September 19, 2022 12:01 AM ET
By: AnalysisWatch
The USD/JPY pair is witnessing a bouncy market structure as investors have been sidelined ahead of the Federal Reserve (Fed) and Bank of Japan (BOJ) monetary policies. The cross is hovering around 143.00 and a loss of upward momentum is visible. Therefore, the critical support of 142.50 will remain in action.
The U.S. Dollar Index (DXY) defended its downward direction after feeling buying interest around 109.50 during the Tokyo session. Investors have begun to pump money into the DXY as the chances of a rate hike by the Fed increase. The Fed is expected to announce a third consecutive 75 basis point (bps) rate hike as price pressures are needed to set it sooner.
A review of past events indicates that the core consumer price index (CPI) is not responding well to the current pace of rate hikes. Therefore, the Fed could either announce more quantitative tools to resolve the inflationary chaos or further accelerate the pace by announcing a 100 basis point rate hike.

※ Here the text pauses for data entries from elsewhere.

//! Elements that are freed, and those of memzones.

use super::heaps::one_page;
use super::looks::Look::{Answers, BusyAt, Calls, Contains, Counts, FreeAt};
use super::looks::Said;
use super::steps::Step::{self, Alloc, Find, Free, FreeZone, Refuse, Reserve, See, Tell};
use super::steps::play;
use super::{BASE, PAGE};
use hp_base::{Span, SpanState, Stats, Tag};
use hp_heap::FreeFault;
use std::test::Fail;

// The page as one free element.
const WHOLE_PAGE: Span = Span {
    addr: BASE,
    whole: PAGE,
    list: 0,
    page: PAGE,
    state: SpanState::Free { stamp: 3 },
};

const FAULT: FreeFault = FreeFault::NotAnElement {
    addr: 0x1_001f_fc00,
};

const STATS: Stats = Stats {
    total: PAGE,
    free: PAGE,
    used: 0,
    greatest: PAGE,
    busy: 0,
    frees: 1,
};

const JOINED: &[Step] = &[
    Alloc(1000, 2, Some(0x1_001f_fc00)),
    Free(0x1_001f_fc00),
    See(Contains(BASE + 5000, Some(WHOLE_PAGE))),
    See(Contains(BASE + PAGE, None)),
    Refuse(0x1_001f_fc00, FAULT),
    Tell(STATS),
];

#[test]
fn gives_back_what_it_joins(rt: HostRuntime) -> Result<(), Fail> {
    play(one_page(rt.alloc()), JOINED)
}

const FREED_LAST: &[Step] = &[
    Alloc(1000, 2, Some(0x1_001f_fc00)),
    Alloc(1000, 3, Some(0x1_001f_f780)),
    Alloc(1000, 4, Some(0x1_001f_f300)),
    Alloc(1000, 5, Some(0x1_001f_ee80)),
    Alloc(1000, 6, Some(0x1_001f_ea00)),
    Free(0x1_001f_f780),
    Free(0x1_001f_ee80),
    Alloc(1000, 7, Some(0x1_001f_ee80)),
    See(Counts(4, 2, PAGE)),
    See(FreeAt(BASE, 2_091_392, 6)),
    See(BusyAt(0x1_001f_e980, 1152, 0, 1024, 6)),
    See(BusyAt(0x1_001f_ee00, 1152, 0, 1024, 7)),
    See(BusyAt(0x1_001f_f280, 1152, 0, 1024, 4)),
    See(FreeAt(0x1_001f_f700, 1152, 7)),
    See(BusyAt(0x1_001f_fb80, 1152, 0, 1024, 2)),
];

#[test]
fn takes_the_element_that_was_freed_last(rt: HostRuntime) -> Result<(), Fail> {
    play(one_page(rt.alloc()), FREED_LAST)
}

const TAG: Tag = Tag {
    who: 1,
    zone: true,
    number: 2,
};

// Who asked for it is not compared where the tag is looked up.
const MEMZONE: &[Step] = &[
    Reserve(100, TAG, 0x1_001f_ff80),
    Find(Tag { who: 0, ..TAG }, Some(0x1_001f_ff80)),
    Find(Tag { zone: false, ..TAG }, None),
    Refuse(0x1_001f_ff80, FreeFault::IsZone { tag: TAG }),
    See(Calls(5)),
    See(Answers(4, Said::IsZone)),
    FreeZone(2),
    Find(TAG, None),
    See(Contains(BASE, Some(WHOLE_PAGE))),
];

#[test]
fn keeps_the_element_of_a_memzone(rt: HostRuntime) -> Result<(), Fail> {
    play(one_page(rt.alloc()), MEMZONE)
}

At the same time, the risk profile is worsening as US President Joe Biden warned that the US military would defend Taiwan if China strikes.
On the Tokyo front, BOJ policymakers are expected to end the yen's prolonged ultra-loose monetary policy to protect it from further depreciation. A "neutral" approach is expected from BOJ policymakers and no new stimulus package will be announced. Japanese officials are already concerned about the depreciation of the yen and are preparing to intervene in the foreign exchange markets. Therefore, a neutral approach is expected.